Pertahankan Optimisme Konsumen untuk Kejar Pertumbuhan Tahunan

Bank Indonesia (BI) mengumumkan kenaikan indeks keyakinan konsumen (IKK) dari 121,2 pada bulan Oktober menjadi 124,0 pada bulan November 2025.

Pertahankan Optimisme Konsumen untuk Kejar Pertumbuhan Tahunan
Pengunjung memilih pakaian di Pasar Johar, Semarang, Jawa Tengah, Rabu (12/11/2025). Foto: ANTARA FOTO/Aprillio Akbar/nym.

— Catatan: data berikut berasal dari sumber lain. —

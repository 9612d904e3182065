//! A device with its connection, its round, and what is to be handed over of it.

ghost use Rattle.std.specs.Prelude.{◌≡◌, ◌||◌, true, false, None};
ghost use Rattle.std.specs.Option.{option_copied};
ghost use Rattle.field_cycle.specs.Stations.{found_by, lost_by};

use crate::hands::Hands;
use crate::link::{Link, LinkFault, Moment, Phase};
use crate::notices::{Change, Notices};
use crate::passage::{Passage, Showing};
use crate::round::Round;
use crate::spans::Spans;
use field_map::{Device, Outputs};
use il_model::Cells;
use modbus_wire::Adu;

/// Whether one answers.
#[derive(Clone, Copy)]
pub enum Standing {
    Unknown,
    Answers,
    Lost,
}

impl Standing {
    /// What changes where one answers.
    pub fn found(self) -> Option<Change>
        ensures { result ≡ found_by self }
    {
        match self {
            Standing::Unknown => Some(Change::Found),
            Standing::Answers => None,
            Standing::Lost => Some(Change::Back),
        }
    }

    /// What changes where one is lost.
    pub fn lost(self, fault: LinkFault) -> Option<Change>
        ensures { result ≡ lost_by self fault }
    {
        match self {
            Standing::Unknown | Standing::Answers => Some(Change::Lost(fault)),
            Standing::Lost => None,
        }
    }
}

/// A device of the field.
#[derive(Drop)]
pub struct Station {
    pub device: Device,
    pub link: Link,
    /// The round that goes on, if one does.
    pub round: Option<Round>,
    /// The last one that was whole.
    pub last: Option<Round>,
    /// Whether a round is to begin.
    pub is_due: bool,
    /// So many cycles go by before the next round is due.
    pub rests: u32,
    /// How far its inputs came since there is a connection to it, and one to the controller.
    pub passage: Passage,
    /// Whether it may be written outputs: they are those of a scan that had its inputs.
    pub is_admitted: bool,
    /// Whether outputs were written to it, and not since what its writings fall back to.
    pub has_outputs: bool,
    /// The outputs of the last round, where it was whole and wrote outputs: what the device has.
    pub written: Option<Cells>,
    /// When the last round began that wrote all outputs, whether the device had them or not.
    pub refreshed: Moment,
    /// When the round began that goes on, or the last one.
    pub begun: Moment,
    /// How long whole rounds took.
    pub spans: Spans,
    pub standing: Standing,
    /// Whether the controller is to be told that it answers.
    pub tells: bool,
    /// Whether its next round is the last one.
    pub is_ending: bool,
    /// What is to be handed over to the controller.
    pub hands: Hands,
    /// What is to be told.
    pub notices: Notices,
}

impl Station {
    ghost use Rattle.field_cycle.specs.Stations.{begins, has_outputs, is_passed, is_nothing, hands_anew, passage_anew};
    ghost use Rattle.field_cycle.specs.Stations.{HandsOver, IsLost, IsWhole, has_already, begun_as, refreshed};
    ghost use Rattle.field_cycle.specs.Stations.{begun_at, spans_after};
    ghost use Rattle.field_cycle.specs.Passages.{stepped, is_released};

    /// A device that nothing is known of.
    pub fn new(device: Device) -> Station
        ensures { (result.is_admitted ≡ false) × (result.has_outputs ≡ false) × (result.written ≡ None) }
    {
        let link = Link::new(device.unit, u64::from(device.timeout), device.retries);
        Station {
            device,
            link,
            round: None,
            last: None,
            is_due: false,
            rests: 0,
            passage: Passage::Unread,
            is_admitted: false,
            has_outputs: false,
            written: None,
            refreshed: 0,
            begun: 0,
            spans: Spans::none(),
            standing: Standing::Unknown,
            tells: true,
            is_ending: false,
            hands: Hands::none(),
            notices: Notices::none(),
        }
    }

    /// A cycle begins: a round is due, unless the device rests.
    pub fn tick(&mut self) {
        if self.rests > 0 {
            self.rests -= 1;
            return;
        }
        self.rests = self.device.every.saturating_sub(1);
        self.is_due = true;
    }

    /// What the device has of its outputs, unless all are to be written again.
    fn has_already(&self, now: Moment) -> Option<Cells>
        ensures { result ≡ has_already self.now now }
    {
        let refresh = u64::from(self.device.refresh);
        if now < self.refreshed.saturating_add(refresh) {
            self.written
        } else {
            None
        }
    }

    /// A round with these outputs; where they aren't known, one by what its writings fall back to, if the device has
    /// outputs, and else one that only reads.
    fn round(&self, known: Option<Cells>, now: Moment) -> Round
        ensures { result ≡ begun_as self.now known now }
    {
        if known.is_some() {
            let written = self.has_already(now);
            return Round::new(Outputs { known, written });
        }
        if self.has_outputs {
            return Round::new(Outputs {
                known: None,
                written: None,
            });
        }
        Round::only_reading(&self.device)
    }

    /// Begins the round that is due, if the device can be asked: one with the outputs, where they are known and it may
    /// be written them; else one by what its writings fall back to, where it has outputs; else one that only reads.
    pub fn begin(&mut self, outputs: Option<&Cells>, now: Moment)
        ensures round { self.new.round ≡ begins self.old (option_copied outputs.entry) now }
        ensures has { self.new.has_outputs ≡ has_outputs self.old (option_copied outputs.entry) }
        ensures written { self.new.written ≡ self.old.written }
        ensures refreshed { self.new.refreshed ≡ refreshed self.old (option_copied outputs.entry) now }
        ensures begun { self.new.begun ≡ begun_at self.old now }
    {
        if !self.is_due || self.round.is_some() || !self.link.is_idle() {
            return;
        }
        let outputs = if self.is_admitted { outputs } else { None };
        let known = outputs.copied();
        self.round = Some(self.round(known, now));
        if known.is_some() && self.has_already(now).is_none() {
            self.refreshed = now;
        }
        self.has_outputs = self.has_outputs || known.is_some();
        self.is_due = false;
        self.begun = now;
    }

    /// What is to be sent to the device now. Where its round is whole, what it gathered is to be handed over.
    pub fn send(&mut self, now: Moment) -> Option<Adu> {
        if !self.link.is_idle() {
            return None;
        }
        let request = match &mut self.round {
            Some(round) => round.next(&self.device),
            None => return None,
        };
        match request {
            Some(request) => self.link.ask(request, now),
            None => {
                self.finish(now);
                None
            }
        }
    }

    /// Ends a round that is whole: its inputs are to be handed over, or, if it's the last one, that nobody asks the
    /// device any more; and where it was one without outputs, the device has none any more.
    fn finish(&mut self, now: Moment)
        requires { IsWhole self.old.device self.old.round }
        ensures hands { HandsOver self.old self.new }
        ensures spans { self.new.spans ≡ spans_after self.old now }
        ensures admitted { self.new.is_admitted ≡ self.old.is_admitted }
    {
        if let Some(round) = &self.round {
            if self.is_ending {
                self.hands = Hands::ending(&self.device);
            } else {
                self.hands.answer(&self.device, &round.gathered, self.tells);
            }
            self.has_outputs = self.has_outputs && round.outputs.known.is_some();
            self.written = round.outputs.known;
            self.spans.add(now.saturating_sub(self.begun));
            self.passage = self.passage.read();
            self.last = Some(*round);
        }
        self.link.trust(now);
        self.round = None;
        self.tells = false;
        if let Some(change) = self.standing.found() {
            self.notices.put(change);
        }
        self.standing = Standing::Answers;
    }

    /// Takes a unit that came from the device. The fault where the connection is to be given up.
    pub fn hear(&mut self, adu: &Adu, now: Moment) -> Result<(), LinkFault> {
        let Some(reply) = self.link.hear(adu)? else {
            return Ok(());
        };
        let Some(round) = &mut self.round else {
            return Err(LinkFault::Transaction);
        };
        if !round.take(&self.device, &reply) {
            return Err(LinkFault::Length);
        }
        if round.step >= self.device.steps() {
            self.finish(now);
        }
        Ok(())
    }

    /// The controller showed its outputs.
    pub fn step(&mut self, showing: Showing)
        ensures passage { self.new.passage ≡ stepped self.old.passage (is_nothing self.old.hands) showing }
        ensures admitted { self.new.is_admitted ≡ self.old.is_admitted }
    {
        self.passage = self.passage.step(self.hands.is_empty(), showing);
    }

    /// Whether a scan that had its inputs was released, or it has none, since it's lost.
    pub fn is_passed(&self) -> bool
        ensures { result ≡ is_passed self.now }
    {
        match self.standing {
            Standing::Lost => true,
            Standing::Unknown | Standing::Answers => self.passage.is_released(),
        }
    }

    /// Whether the controller has its inputs, or has been told that it's lost.
    pub fn is_known_there(&self) -> bool {
        let has_inputs = !matches!(self.passage, Passage::Unread | Passage::Read);
        self.hands.is_empty() && (has_inputs || matches!(self.standing, Standing::Lost))
    }

    /// The outputs that count are those that the controller showed now: it may be written them, where a scan that had
    /// its inputs was released.
    pub fn admit(&mut self)
        ensures { self.new.is_admitted ≡ self.old.is_admitted || is_released self.old.passage }
    {
        self.is_admitted = self.is_admitted || self.passage.is_released();
    }

    /// Gives the connection up. Before it's written outputs again, its inputs have to be in a scan.
    pub fn lose(&mut self, fault: LinkFault, now: Moment)
        ensures { IsLost self.new }
    {
        self.link.fail(now);
        self.round = None;
        self.passage = Passage::Unread;
        self.is_admitted = false;
        self.written = None;
        if let Some(change) = self.standing.lost(fault) {
            self.notices.put(change);
            self.standing = Standing::Lost;
            self.tells = true;
            self.hands = Hands::losing(&self.device);
        }
    }

    /// Whether nothing is due of it, and nothing to be told: it waits, or its next round isn't due.
    pub fn is_quiet(&self, now: Moment) -> bool {
        let waits = match self.link.phase {
            Phase::Down | Phase::Connecting | Phase::Waiting(_) => now < self.link.until,
            Phase::Idle => self.round.is_none() && !self.is_due,
        };
        waits && self.notices.is_empty()
    }

    /// Whether it isn't to be asked: the controller is lost, and the device has no outputs of it.
    pub fn is_left(&self, is_controller_lost: bool) -> bool {
        is_controller_lost && !self.has_outputs
    }

    /// Gives up its connection and what is to be handed over of it. Whether there was one.
    pub fn leave(&mut self) -> bool
        ensures { result ≡ true → IsLost self.new }
    {
        if matches!(self.link.phase, Phase::Down) {
            return false;
        }
        self.link.close();
        self.round = None;
        self.passage = Passage::Unread;
        self.is_admitted = false;
        self.written = None;
        self.hands = Hands::none();
        true
    }

    /// Whether it was read and written the outputs, or is lost or left.
    pub fn is_carried(&self, is_controller_lost: bool) -> bool {
        if self.is_left(is_controller_lost) {
            return true;
        }
        match (self.standing, &self.last) {
            (Standing::Lost, _) => true,
            (Standing::Answers, Some(round)) => round.outputs.known.is_some(),
            _ => false,
        }
    }

    /// Whether it had its round, or is lost or left, and what it gathered is handed over, or can't be.
    pub fn is_settled(&self, is_controller_lost: bool) -> bool {
        if self.is_left(is_controller_lost) {
            return true;
        }
        let is_asked = match self.standing {
            Standing::Unknown => false,
            Standing::Answers => !self.is_due && self.round.is_none(),
            Standing::Lost => true,
        };
        is_asked && (is_controller_lost || self.hands.is_empty())
    }

    /// Its next round is the last one; where there can be none, what is handed over then is so now.
    pub fn end(&mut self) {
        self.is_due = true;
        self.is_ending = true;
        if !matches!(self.standing, Standing::Answers) {
            self.hands = Hands::ending(&self.device);
        }
    }

    /// There is a new connection to the controller, which knows nothing of the device: what was read last is handed
    /// over at once, where it answers; else that it's lost. Its next round is due.
    pub fn tell_anew(&mut self)
        ensures hands { self.new.hands ≡ hands_anew self.old }
        ensures passage { self.new.passage ≡ passage_anew self.old }
        ensures admitted { self.new.is_admitted ≡ self.old.is_admitted }
    {
        self.tells = true;
        self.is_due = true;
        self.passage = Passage::Unread;
        match (self.standing, &self.last) {
            (Standing::Answers, Some(round)) if self.link.is_up() => {
                self.hands.answer(&self.device, &round.gathered, true);
                self.passage = Passage::Read;
            }
            (Standing::Answers, _) => {}
            (Standing::Lost | Standing::Unknown, _) => {
                self.hands = Hands::losing(&self.device);
            }
        }
    }
}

Bank Indonesia (BI) mengumumkan kenaikan indeks keyakinan konsumen (IKK) dari 121,2 pada bulan Oktober menjadi 124,0 pada bulan November 2025. Dunia usaha perlu memanfaatkan optimisme ini agar momentum positif bertahan dan menjadi fondasi struktural penguatan konsumsi masyarakat sebagai penggerak pertumbuhan untuk kuartal berikutnya.

Dalam Survei Konsumen November 2025 yang diterbitkan BI, Selasa (09/12/2025), kenaikan IKK mengindikasikan pemulihan persepsi konsumen terhadap kondisi ekonomi. Dalam catatan BI, meningkatnya keyakinan konsumen bersumber dari kondisi ekonomi saat ini dan ke depan yang berada pada level optimis dan meningkat dibandingkan periode sebelumnya.

"IKK tertinggi tercatat pada responden pengeluaran >Rp5 juta (130,6), diikuti oleh responden pengeluaran Rp4,1-5 juta (126,9). Berdasarkan kelompok usia, optimisme tertinggi dialami responden berusia 20-30 tahun sebesar 128,6. IKK mengalami peningkatan di mayoritas kota yang disurvei, terutama di Manado, Mataram, dan Medan," ujar Direktur Eksekutif Departemen Komunikasi BI Ramdan Denny Prakoso.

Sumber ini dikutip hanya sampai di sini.